Exercise aim: The data below is to be copied exactly, line by line.

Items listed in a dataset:
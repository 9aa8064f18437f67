//! The acknowledgement of a packet.
//!
//! Made by `./format` from formats/ack.fields: edit that file and make this one anew.
ghost use Rattle.bitstream_messages.specs.Ack.{ack_decoder, ack_writes, ack_bits, ack_at, Fits};
ghost use Rattle.bitstream_messages.specs.declared.ack.Ack.{Ack};
ghost use Rattle.std.specs.Prelude.{◌≡◌, ◌<◌, ◌≤◌, ◌++◌, ℕ, Bool, List, Ok, Err, length, IfOk, IsOk};
ghost use Rattle.std.specs.declared.io.ErrorKind.TheVariants.{WriteZero};
ghost use Rattle.bitstream_io.specs.Callers.{Done, Error, EndOfInput, Order, High, bits, write_sequence, Reads, WritesAll, sequence_length, sure_answer, Stream, same_error, plain_reads};
ghost use Rattle.bitstream_io.specs.SliceMut.{HoldsFirst, written_bytes};

use bitstream_io::{
    BE, BitRead, BitReadExt, BitReader, BitWrite, BitWriteExt, Bits, Error, FromBitStream,
    SliceMut, ToBitStream, pack_into,
};

/// The acknowledgement of a packet.
///
/// ```text
///  0                   1                   2                   3
///  0 1 2 3 4 5 6 7 8 9 0 1 2 3 4 5 6 7 8 9 0 1 2 3 4 5 6 7 8 9 0 1
/// +-+-+-+-+-+-+-+-+-+-+-+-+-+-+-+-+-+-+-+-+-+-+-+-+
/// |            sequence           |u|      0      |
/// +-+-+-+-+-+-+-+-+-+-+-+-+-+-+-+-+-+-+-+-+-+-+-+-+
/// ```
#[derive(Clone, Copy, Debug, PartialEq)]
pub struct Ack {
    /// The number of the packet.
    pub sequence: u16,
    /// True if it is urgent.
    pub urgent: bool,
}

impl Ack {
    /// The number of bits before each line of the description.
    pub const PLACES: [u64; 3] = [0, 16, 17];

    /// Reads the fields in order.
    ///
    /// # Errors
    ///
    /// The reader's errors, after which it has failed.
    pub fn read<R: BitRead>(reader: &mut R) -> Result<Ack, Error>
        ensures { Reads R.source (ack_decoder R.source.order) reader.old result reader.new }
    {
        let sequence = reader.read::<Bits<16>, u16>()?;
        let urgent = reader.read_bit()?;
        reader.skip(7)?;
        Ok(Ack { sequence, urgent })
    }

    /// Parses the value at the start of `packet`.
    ///
    /// # Errors
    ///
    /// `EndOfInput` for fewer than 3 bytes.
    pub fn parse(packet: &[u8]) -> Result<Ack, Error>
        ensures answer { result ≡ sure_answer ((ack_decoder High).reads 0 (bits High packet.now)) }
        ensures there { 3 ≤ length packet.now → result ≡ Ok (ack_at (bits High packet.now)) }
        ensures short { length packet.now < 3 → result ≡ Err EndOfInput }
        ensures back { (value : Ack) (more : List Bool) → Fits value
            → bits High packet.now ≡ ack_bits value ++ more → result ≡ Ok value }
    {
        ack_round_trip();
        Ack::read(&mut BitReader::<_, BE>::over(packet))
    }

    /// Writes the fields in order.
    ///
    /// # Errors
    ///
    /// `Checked` for a field that does not fit its bits. The fields before it have been written.
    /// Otherwise the sink's errors.
    pub fn write<W: BitWrite>(&self, writer: &mut W) -> Result<(), Error>
        ensures { WritesAll W.sink (ack_writes W.sink.order self.now) writer.old result writer.new }
    {
        writer.write::<Bits<16>, u16>(self.sequence)?;
        writer.write_bit(self.urgent)?;
        writer.pad(7)?;
        Ok(())
    }

    /// Writes the fields to the first bytes of a buffer, and returns what was written. The other bytes
    /// stay as they were. Does not allocate.
    ///
    /// # Errors
    ///
    /// `Checked` for the first field that does not fit its bits, however long the buffer is.
    /// `Stream(WriteZero)` if all fields fit, and the buffer has fewer than 3 bytes.
    /// After an error, the first bytes of the buffer may have changed.
    pub fn pack_into<'a>(&self, buffer: &'a mut [u8]) -> Result<SliceMut<'a>, Error>
        ensures packed { IfOk result (λ packed. bits High (written_bytes packed) ≡ ack_bits self.now) }
        ensures first { IfOk result (HoldsFirst buffer.entry.ghost_name buffer.old) }
        ensures fits { IsOk result → Fits self.now }
        ensures misfit { (error : Error) → sequence_length (ack_writes High self.now) 0 ≡ Err error
            → result ≡ Err error }
        ensures room { Fits self.now → 3 ≤ length buffer.old → IsOk result }
        ensures short { Fits self.now → length buffer.old < 3 → result ≡ Err (Stream WriteZero) }
    {
        pack_into::<BE, Ack>(self, buffer)
    }
}

impl FromBitStream for Ack {
    type Error = Error;

    ghost becomes = { same_error };

    ghost reads = { λ o. plain_reads (ack_decoder o) };

    fn from_reader<R: BitRead>(reader: &mut R) -> Result<Ack, Error> {
        Ack::read(reader)
    }
}

impl ToBitStream for Ack {
    type Error = Error;

    ghost becomes = { same_error };

    ghost writes = { ack_writes };

    fn to_writer<W: BitWrite>(&self, writer: &mut W) -> Result<(), Error> {
        self.write(writer)
    }
}

/// A value that fits its bits is read back as it was written, in either order of bits, at any place.
/// The read takes only the bits that were written: 24 bits.
pub fn ack_round_trip()
    ensures back { (o : Order) (value : Ack) (at from : ℕ) (more : List Bool) → Fits value
        → let written = write_sequence (ack_writes o value) at in
        (ack_decoder o).reads from (written ++ more) ≡ Done (length written) (Ok value) }
    ensures size { (o : Order) (value : Ack) (at : ℕ) → Fits value
        → length (write_sequence (ack_writes o value) at) ≡ 24 }
{}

Exercise answer:
repository 9aa8064f18437f67
//! The acknowledgement of a packet.
//!
//! Made by `./format` from formats/ack.fields: edit that file and make this one anew.
ghost use Rattle.bitstream_messages.specs.Ack.{ack_decoder, ack_writes, ack_bits, ack_at, Fits};
ghost use Rattle.bitstream_messages.specs.declared.ack.Ack.{Ack};
ghost use Rattle.std.specs.Prelude.{◌≡◌, ◌<◌, ◌≤◌, ◌++◌, ℕ, Bool, List, Ok, Err, length, IfOk, IsOk};
ghost use Rattle.std.specs.declared.io.ErrorKind.TheVariants.{WriteZero};
ghost use Rattle.bitstream_io.specs.Callers.{Done, Error, EndOfInput, Order, High, bits, write_sequence, Reads, WritesAll, sequence_length, sure_answer, Stream, same_error, plain_reads};
ghost use Rattle.bitstream_io.specs.SliceMut.{HoldsFirst, written_bytes};

use bitstream_io::{
    BE, BitRead, BitReadExt, BitReader, BitWrite, BitWriteExt, Bits, Error, FromBitStream,
    SliceMut, ToBitStream, pack_into,
};

/// The acknowledgement of a packet.
///
/// ```text
///  0                   1                   2                   3
///  0 1 2 3 4 5 6 7 8 9 0 1 2 3 4 5 6 7 8 9 0 1 2 3 4 5 6 7 8 9 0 1
/// +-+-+-+-+-+-+-+-+-+-+-+-+-+-+-+-+-+-+-+-+-+-+-+-+
/// |            sequence           |u|      0      |
/// +-+-+-+-+-+-+-+-+-+-+-+-+-+-+-+-+-+-+-+-+-+-+-+-+
/// ```
#[derive(Clone, Copy, Debug, PartialEq)]
pub struct Ack {
    /// The number of the packet.
    pub sequence: u16,
    /// True if it is urgent.
    pub urgent: bool,
}

impl Ack {
    /// The number of bits before each line of the description.
    pub const PLACES: [u64; 3] = [0, 16, 17];

    /// Reads the fields in order.
    ///
    /// # Errors
    ///
    /// The reader's errors, after which it has failed.
    pub fn read<R: BitRead>(reader: &mut R) -> Result<Ack, Error>
        ensures { Reads R.source (ack_decoder R.source.order) reader.old result reader.new }
    {
        let sequence = reader.read::<Bits<16>, u16>()?;
        let urgent = reader.read_bit()?;
        reader.skip(7)?;
        Ok(Ack { sequence, urgent })
    }

    /// Parses the value at the start of `packet`.
    ///
    /// # Errors
    ///
    /// `EndOfInput` for fewer than 3 bytes.
    pub fn parse(packet: &[u8]) -> Result<Ack, Error>
        ensures answer { result ≡ sure_answer ((ack_decoder High).reads 0 (bits High packet.now)) }
        ensures there { 3 ≤ length packet.now → result ≡ Ok (ack_at (bits High packet.now)) }
        ensures short { length packet.now < 3 → result ≡ Err EndOfInput }
        ensures back { (value : Ack) (more : List Bool) → Fits value
            → bits High packet.now ≡ ack_bits value ++ more → result ≡ Ok value }
    {
        ack_round_trip();
        Ack::read(&mut BitReader::<_, BE>::over(packet))
    }

    /// Writes the fields in order.
    ///
    /// # Errors
    ///
    /// `Checked` for a field that does not fit its bits. The fields before it have been written.
    /// Otherwise the sink's errors.
    pub fn write<W: BitWrite>(&self, writer: &mut W) -> Result<(), Error>
        ensures { WritesAll W.sink (ack_writes W.sink.order self.now) writer.old result writer.new }
    {
        writer.write::<Bits<16>, u16>(self.sequence)?;
        writer.write_bit(self.urgent)?;
        writer.pad(7)?;
        Ok(())
    }

    /// Writes the fields to the first bytes of a buffer, and returns what was written. The other bytes
    /// stay as they were. Does not allocate.
    ///
    /// # Errors
    ///
    /// `Checked` for the first field that does not fit its bits, however long the buffer is.
    /// `Stream(WriteZero)` if all fields fit, and the buffer has fewer than 3 bytes.
    /// After an error, the first bytes of the buffer may have changed.
    pub fn pack_into<'a>(&self, buffer: &'a mut [u8]) -> Result<SliceMut<'a>, Error>
        ensures packed { IfOk result (λ packed. bits High (written_bytes packed) ≡ ack_bits self.now) }
        ensures first { IfOk result (HoldsFirst buffer.entry.ghost_name buffer.old) }
        ensures fits { IsOk result → Fits self.now }
        ensures misfit { (error : Error) → sequence_length (ack_writes High self.now) 0 ≡ Err error
            → result ≡ Err error }
        ensures room { Fits self.now → 3 ≤ length buffer.old → IsOk result }
        ensures short { Fits self.now → length buffer.old < 3 → result ≡ Err (Stream WriteZero) }
    {
        pack_into::<BE, Ack>(self, buffer)
    }
}

impl FromBitStream for Ack {
    type Error = Error;

    ghost becomes = { same_error };

    ghost reads = { λ o. plain_reads (ack_decoder o) };

    fn from_reader<R: BitRead>(reader: &mut R) -> Result<Ack, Error> {
        Ack::read(reader)
    }
}

impl ToBitStream for Ack {
    type Error = Error;

    ghost becomes = { same_error };

    ghost writes = { ack_writes };

    fn to_writer<W: BitWrite>(&self, writer: &mut W) -> Result<(), Error> {
        self.write(writer)
    }
}

/// A value that fits its bits is read back as it was written, in either order of bits, at any place.
/// The read takes only the bits that were written: 24 bits.
pub fn ack_round_trip()
    ensures back { (o : Order) (value : Ack) (at from : ℕ) (more : List Bool) → Fits value
        → let written = write_sequence (ack_writes o value) at in
        (ack_decoder o).reads from (written ++ more) ≡ Done (length written) (Ok value) }
    ensures size { (o : Order) (value : Ack) (at : ℕ) → Fits value
        → length (write_sequence (ack_writes o value) at) ≡ 24 }
{}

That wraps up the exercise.